Kids may say the darndest things, but parentstweet about them in the funniest ways. So, each week we round up the most hilarious 280-character quips from mums and dads to spread the joy.
Scroll down to read the latest batch and follow @HuffPostParents on Twitter for more!
“It’s YOUR turn to move the Shelf on The Elf,” and other things overtired couples argue about at 11 p.m.
— Goldfish and Chicken Nuggets 🎄🤶🏻🎅🏼⛄️ (@gfishandnuggets) December 2, 2019
Sometimes I like to live dangerously by putting ketchup on my kid’s dinner plate without asking where they would like it first
— ThreeTimeDaddy (@threetimedaddy) December 1, 2019
It’s really rude that potty training a strong-willed 3yo doesn’t count as cardio.
— Snarky Mommy (@SnarkyMommy78) December 3, 2019
Think you are chill and laid back? Watch your kid build and decorate a gingerbread house without intervening.
— Simon Holland (@simoncholland) December 3, 2019
If you'd like to answer the question, "What's that???" a hundred thousand times a day, then having a toddler might be for you.
— Ohio mom of two (@OhioMomoftwo) December 3, 2019
Please respect our privacy at this difficult time while we deal with our toddler who has just entered the “why?” phase.
— Rachel Sobel (@whinecheezits) December 4, 2019
An advent calendar for dads but it’s just a pair of cargo shorts and each pocket contains a random cable from some electronic that came out in the 90s.
— mark (@TheCatWhisprer) December 1, 2019
I sure tell my family, "Don't blame me, I dont make the rules" a lot for someone that makes literally every single rule in this house.
— The Salty Mamas (@saltymamas) December 4, 2019
My toddler has now chewed up and spit out five "grapes" because he's never heard of an olive and won't listen to reason.
— Henpecked Hal (@HenpeckedHal) December 6, 2019
cashier: how old are your kids?
me: two, four, six, eight
cashier: *laughing* who do we appreciate
me: alcohol! *points to cart*
cashier: but damn…
me: yeah
— Marcy G 🍕 (@BunAndLeggings) December 3, 2019
Parenting 101 when your kids are sick:
1.) Kids have common cold.
2.) Kids sneeze on you as you care for them.

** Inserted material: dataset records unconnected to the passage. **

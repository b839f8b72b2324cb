//! What a server sends, each packet in a helper of its own with one lifetime.

ghost use Rattle.std.specs.Prelude.{◌≡◌, ◌<◌, [], ◌∷◌, ◌++◌, length, true};
ghost use Rattle.peg_name.specs.declared.Node.TheVariants as node;
ghost use Rattle.peg_model.specs.Packet as model;
ghost use Rattle.peg_model.specs.Packet.{in_range};
ghost use Rattle.peg_packet.specs.Outbox.{posted};

use peg_name::{Content, Key, Node, ServerId, SwitchId, Version};
use peg_packet::{Header, Packet, Post, bytes_of};

/// The reply to a read.
pub fn read_reply<'a>(
    header: &Header,
    version: Version,
    key: &'a Key,
    content: &'a Content<'a>,
    post: &mut Post,
)
    requires room { length post.old.items < post.old.slots }
    requires range { in_range post.old.format
        (model.ReadReply header.now.client header.now.seq version header.now.server
        header.now.switch key.now content.now) ≡ true }
    ensures { post.new ≡ posted post.old
        ((
          node.Switch header.now.switch,
          model.ReadReply header.now.client header.now.seq version header.now.server
              header.now.switch key.now content.now,
        ) ∷ []) }
{
    let packets = [Packet::ReadReply {
        header: *header,
        version,
        key: key.bytes(),
        content: bytes_of(content),
    }];
    post.put(Node::Switch(header.switch), &packets[0]);
}

/// The reply to a write.
pub fn write_reply(header: &Header, version: Version, key: &Key, post: &mut Post)
    requires room { length post.old.items < post.old.slots }
    requires range { in_range post.old.format
        (model.WriteReply header.now.client header.now.seq version header.now.server
        header.now.switch key.now) ≡ true }
    ensures { post.new ≡ posted post.old
        ((
          node.Switch header.now.switch,
          model.WriteReply header.now.client header.now.seq version header.now.server
              header.now.switch key.now,
        ) ∷ []) }
{
    let packets = [Packet::WriteReply {
        header: *header,
        version,
        key: key.bytes(),
    }];
    post.put(Node::Switch(header.switch), &packets[0]);
}

/// The void of a write that came too late.
pub fn void(header: &Header, version: Version, key: &Key, post: &mut Post)
    requires room { length post.old.items < post.old.slots }
    requires range { in_range post.old.format
        (model.Void header.now.client header.now.seq version header.now.server
        header.now.switch key.now) ≡ true }
    ensures { post.new ≡ posted post.old
        ((
          node.Switch header.now.switch,
          model.Void header.now.client header.now.seq version header.now.server
              header.now.switch key.now,
        ) ∷ []) }
{
    let packets = [Packet::Void {
        header: *header,
        version,
        key: key.bytes(),
    }];
    post.put(Node::Switch(header.switch), &packets[0]);
}

/// The report that a version is held.
pub fn held(server: ServerId, version: Version, switch: SwitchId, key: &Key, post: &mut Post)
    requires room { length post.old.items < post.old.slots }
    requires range { in_range post.old.format
        (model.Held server version key.now) ≡ true }
    ensures { post.new ≡ posted post.old
        ((node.Switch switch, model.Held server version key.now) ∷ []) }
{
    let packets = [Packet::Held {
        server,
        version,
        key: key.bytes(),
    }];
    post.put(Node::Switch(switch), &packets[0]);
}

/// A copy to another server.
pub fn copy<'a>(
    switch: SwitchId,
    target: ServerId,
    version: Version,
    key: &'a Key,
    content: &'a Content<'a>,
    post: &mut Post,
)
    requires room { length post.old.items < post.old.slots }
    requires range { in_range post.old.format
        (model.CopyData switch target version key.now content.now) ≡ true }
    ensures { post.new ≡ posted post.old
        ((node.Server target, model.CopyData switch target version key.now content.now) ∷ []) }
{
    let packets = [Packet::CopyData {
        switch,
        server: target,
        version,
        key: key.bytes(),
        content: bytes_of(content),
    }];
    post.put(Node::Server(target), &packets[0]);
}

3.) Three days later, kids are better but you and your spouse now have Ebola.— A Bearer Of Dad News (@HomeWithPeanut) December 2, 2019
My toddler would like for everyone to know that she is NOT tired. Her eyes just keep making her face fall asleep.
— Rhyming Mama (@sarabellab123) November 30, 2019
Kids: Mom, we need toothpaste!
Me: Cool, you can add it to your Christmas lists.
Me, every time my kids ask for anything in the month of December.
— Mommy Owl (@Lhlodder) December 3, 2019
I’ve done nothing in life that matters to my daughter because I haven’t been in one of the 10000 scooby doo movies
— christine teigen (@chrissyteigen) December 3, 2019
Yesterday:
My 4yo and me built a Frozen gingerbread house, painted pictures, played 2 games, went to the park, played house, cooked dinner together and then watched a movie.
What she tells her teacher we did yesterday:
"I picked up a dead bug and mommy yelled at me."
— 🎄 Stay at Homies 🎄 (@stayathomies) December 3, 2019
Sorry I’m late. I had to pick all the marshmallows out of my kid’s Lucky Charms.
— Dude-Bro Dad (@thedadvocate01) December 3, 2019
Me: do you want apple sauce or a granola bar for dessert?
2: yes.
Me: *impressed* alright, alright.
— Mummy Claus🎅🏻🇨🇦 (@ThatMummyLife) December 3, 2019
Me: Good job getting an A on your test
10yo: Thanks, I guessed at most of the answers— Robert Knop (@FatherWithTwins) December 4, 2019
Me: You have to eat fruit
3: I can’t reach it
Me: Well we tried, come share these M&M’s with me I guess.
— Professional Worrier (@pro_worrier_) December 4, 2019
My son has told our Google Mini that it’s his birthday 12 times in a row so it can keep singing “Happy Birthday” to him.
It’s not his birthday, & technology doesn’t always make life easier.
— Stephanie Ortiz (@Six_Pack_Mom) December 5, 2019
I forgot to thaw the beef roast so it looks like we are having hot dogs and disappointment for dinner.
— Anecdotal Birthcontrol (@PedersenAhmed) December 4, 2019
Parenthood: When the sound of uncontrollable sobbing during dinner isn't only your own.